Al documentario è associata una campagna di sensibilizzazione rivolta ai mass media per superare le immagini stereotipate con cui vengono rappresentati i neri italiani e avviare un vero processo d’inclusione nelle fiction e nel cinema che valorizzi le differenze, analogamente a quanto avviene in Paesi come l’Inghilterra, la Francia e la Germania.

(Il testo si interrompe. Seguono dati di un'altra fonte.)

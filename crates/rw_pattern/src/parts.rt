//! What a pattern is built from.

use crate::PatternCell;

/// The lists that a pattern is built from: of each object how many parts it has, numbered from 0, of each arrow one
/// image for each part of its source, and what cells are to hold. Several entries may stand on one cell; a cell
/// without an entry is free.
#[derive(Drop)]
pub struct PatternParts {
    pub sizes: Vec<u32>,
    pub rows: Vec<Vec<u32>>,
    pub cells: Vec<PatternCell>,
}
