//! Maps between patterns.

ghost use Rattle.std.specs.Prelude.{◌≡◌, ◌<◌, ◌≤◌, ◌==◌, ◌↔◌, IsTrue, true, None, length, map, nat_lt, slice_index};
ghost use Rattle.std.specs.Result.{is_ok};
ghost use Rattle.rw_schema.specs.First.{all_in, first_in, fault_unless};
ghost use Rattle.rw_schema.specs.Presentation.{signature_of, ends_of_arrow};
ghost use Rattle.rw_schema.specs.RowLists.{list_at};
ghost use Rattle.rw_spec.specs.Natural.{IsNatural};
ghost use Rattle.rw_pattern.specs.MapFaults.{ChecksMap, IsMapOf, has_images, has_map_shape, image_fault, image_of, square_fault};
ghost use Rattle.rw_pattern.specs.PatternFaults.{IsPatternOf};
ghost use Rattle.rw_pattern.specs.PatternLists.{size_of, instance_of_pattern};
ghost use Rattle.rw_pattern.specs.declared.map_fault.MapFault.TheVariants.{Range, NotNatural};

use crate::{MapFault, Pattern};
use rw_schema::{ArrowDef, ArrowId, ObjectId, PartMap, Schema};

/// Checks that the images are a map from the one pattern to the other: a natural transformation. Lists beyond the
/// objects are not looked at. It takes no memory.
pub fn check_map(
    schema: &Schema,
    from: &Pattern,
    to: &Pattern,
    images: &PartMap,
) -> Result<(), MapFault>
    requires from { IsPatternOf (signature_of schema.now) from.now }
    requires to { IsPatternOf (signature_of schema.now) to.now }
    ensures fault { ChecksMap (signature_of schema.now) from.now to.now images.now result }
    ensures exact { IsTrue (is_ok result) ↔ IsMapOf (signature_of schema.now) from.now to.now images.now }
{
    if !is_map_shaped(from, images) {
        return Err(MapFault::Shape);
    }
    if let Some(fault) = first_stray(from, to, images) {
        return Err(fault);
    }
    match first_square(schema, from, to, images) {
        Some(fault) => Err(fault),
        None => Ok(()),
    }
}

/// Whether there is a list for each object, with one image for each part.
fn is_map_shaped(from: &Pattern, images: &PartMap) -> bool
    ensures { result ≡ has_map_shape from.now images.now }
{
    from.sizes().len() <= images.lists() && have_images(from.sizes(), images)
}

/// Whether each list has one image for each part of its object.
fn have_images(sizes: &[u32], images: &PartMap) -> bool
    requires few { length sizes.now ≤ 64 }
    requires lists { length sizes.now ≤ length images.now }
    ensures { result ≡ all_in (has_images images.now) 0 sizes.now }
{
    for (object, size) in sizes.iter().enumerate() {
        if images.images(ObjectId(object as u16)).len() != *size as usize {
            return false;
        }
    }
    true
}

/// The first image that is no part of the other pattern.
fn first_stray(from: &Pattern, to: &Pattern, images: &PartMap) -> Option<MapFault>
    requires objects { length from.now.sizes ≡ length to.now.sizes }
    requires shape { has_map_shape from.now images.now ≡ true }
    ensures { result ≡ first_in (image_fault to.now images.now) 0 from.now.sizes }
{
    for (number, _) in from.sizes().iter().enumerate() {
        let object = ObjectId(number as u16);
        if let Some(fault) = stray_in(object, images.images(object), to.size(object)) {
            return Some(fault);
        }
    }
    None
}

/// The first image of the object that is not below the size.
fn stray_in(object: ObjectId, images: &[u32], size: u32) -> Option<MapFault>
    requires { length images.now ≤ 64 }
    ensures { result ≡ first_in (λ part image. fault_unless (nat_lt image size) (Range object part)) 0 images.now }
{
    for (part, image) in images.iter().enumerate() {
        if *image >= size {
            return Some(MapFault::Range {
                object,
                part: part as u32,
            });
        }
    }
    None
}

/// The first arrow and part at which the map does not commute.
fn first_square(schema: &Schema, from: &Pattern, to: &Pattern, images: &PartMap) -> Option<MapFault>
    requires from { IsPatternOf (signature_of schema.now) from.now }
    requires to { IsPatternOf (signature_of schema.now) to.now }
    requires shape { has_map_shape from.now images.now ≡ true }
    ensures { result ≡ first_in (square_fault from.now to.now images.now) 0 (map ends_of_arrow schema.now.arrows) }
{
    for (number, ends) in schema.arrow_list().iter().enumerate() {
        if let Some(fault) = square_at(ArrowId(number as u16), ends, from, to, images) {
            return Some(fault);
        }
    }
    None
}

/// The first part at which the map does not commute with the arrow.
fn square_at(
    arrow: ArrowId,
    ends: &ArrowDef,
    from: &Pattern,
    to: &Pattern,
    images: &PartMap,
) -> Option<MapFault>
    requires from { arrow.0 < length from.now.rows }
    requires to { arrow.0 < length to.now.rows }
    requires source { ends.now.source.0 < length images.now }
    requires target { ends.now.target.0 < length images.now }
    requires few { length (list_at from.now.rows arrow.0) ≤ 64 }
    ensures { result ≡ square_fault from.now to.now images.now arrow.0 (ends_of_arrow ends.now) }
{
    let values = from.row(arrow);
    let sources = images.images(ends.source);
    let targets = images.images(ends.target);
    unequal_in(arrow, values, sources, targets, to.row(arrow))
}

/// The first part whose value's image is not the value of its image.
fn unequal_in(
    arrow: ArrowId,
    values: &[u32],
    sources: &[u32],
    targets: &[u32],
    row: &[u32],
) -> Option<MapFault>
    requires { length values.now ≤ 64 }
    ensures { result ≡ first_in (λ part value. fault_unless (slice_index targets.now value == slice_index row.now (slice_index sources.now part)) (NotNatural arrow part)) 0 values.now }
{
    for (part, value) in values.iter().enumerate() {
        let part = part as u32;
        if entry_at(targets, *value) != entry_at(row, entry_at(sources, part)) {
            return Some(MapFault::NotNatural { arrow, part });
        }
    }
    None
}

/// The entry at a place, or 0 where none is there.
pub fn entry_at(list: &[u32], place: u32) -> u32
    ensures { result ≡ slice_index list.now place }
{
    list.get(place as usize).copied().unwrap_or(0)
}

L’incontro si colloca all’interno della Notte Europea dei Ricercatori, un’occasione straordinaria per avvicinare, in modo divertente, il pubblico di ogni età al mondo della ricerca, per aprire uno spazio di incontro e dialogo con i cittadini e per sensibilizzare i giovani alla carriera scientifica.

Per informazioni:
www.immaginafrica.storia.unipd.it
immaginafrica.dissgea@unipd.it.

IL PROGETTO IMMAGINAFRICA
ImmaginAfrica è un progetto promosso dal Dipartimento di Scienze Storiche, Geografiche e dell’Antichità dell’Università di Padova. Ogni attività viene ideata e realizzata in sinergia con le Amministrazioni Locali (in particolare il Comune di Padova) e gli altri organismi del privato sociale presenti in ambito territoriale e vede il coinvolgimento attivo, sia a livello di ideazione, sia a livello di realizzazione, delle associazioni di immigrati di area africana presenti nel territorio.
Obiettivo del progetto è favorire il dialogo interculturale attraverso la promozione della conoscenza delle culture africane e la condivisione di spazi ed esperienze in dialogo con la cittadinanza.
Dal 2005 ad oggi sono state realizzate molteplici attività: rassegna delle cinematografie africane, festa cittadina con la realizzazione di attività laboratoriali e momenti folklorico-conviviali, dibattiti pubblici, seminari e convegni centrati su tematiche diverse di anno in anno, esposizioni artistiche e artigianali, rappresentazioni teatrali.

IL REGISTA FRED KUWORNU
Fred Kuwornu, nato e cresciuto a Bologna, è un regista-produttore italo-ghanese. Dopo aver terminato gli studi in Scienze Politiche presso l’Università di Bologna, con una specializzazione in Sociologia delle Comunicazioni, verso la fine degli anni ‘80 inizia a collaborare come autore e conduttore delle principali emittenti radiofoniche dell’Emilia Romagna e del Veneto, producendo i suoi primi cortometraggi. Dal 2003 si trasferisce a Roma, dove svolge l’attività di autore di format TV e di programmi televisivi, scrivendo i testi per conduttori come Luca Giurato, Paolo Brosio, Ilaria D’Amico. Nel 2007 è stato scelto dal regista americano Spike Lee per lavorare all’interno della crew del film Miracolo a Sant’ Anna. L’incontro con Spike Lee ispira Fred Kuwornu a dirigere e produrre il docufilm Inside Buffalo. Il suo secondo importante lavoro è il documentario 18 Ius Soli. Il diritto di essere italiani, con il quale si fa promotore di un’importate campagna per il riconoscimento del diritto di cittadinanza con riferimento allo Ius soli in alternativa allo Ius sanguinis.
Con la neonata società “Do the Right Films Entertainment”, con sede a Brooklyn, si occupa invece di produrre documentari e audiovisivi rivolti a un mercato molto attento a raccontare storie che possano innescare un dibattito nella società sui temi di Diversity e Black Diaspora.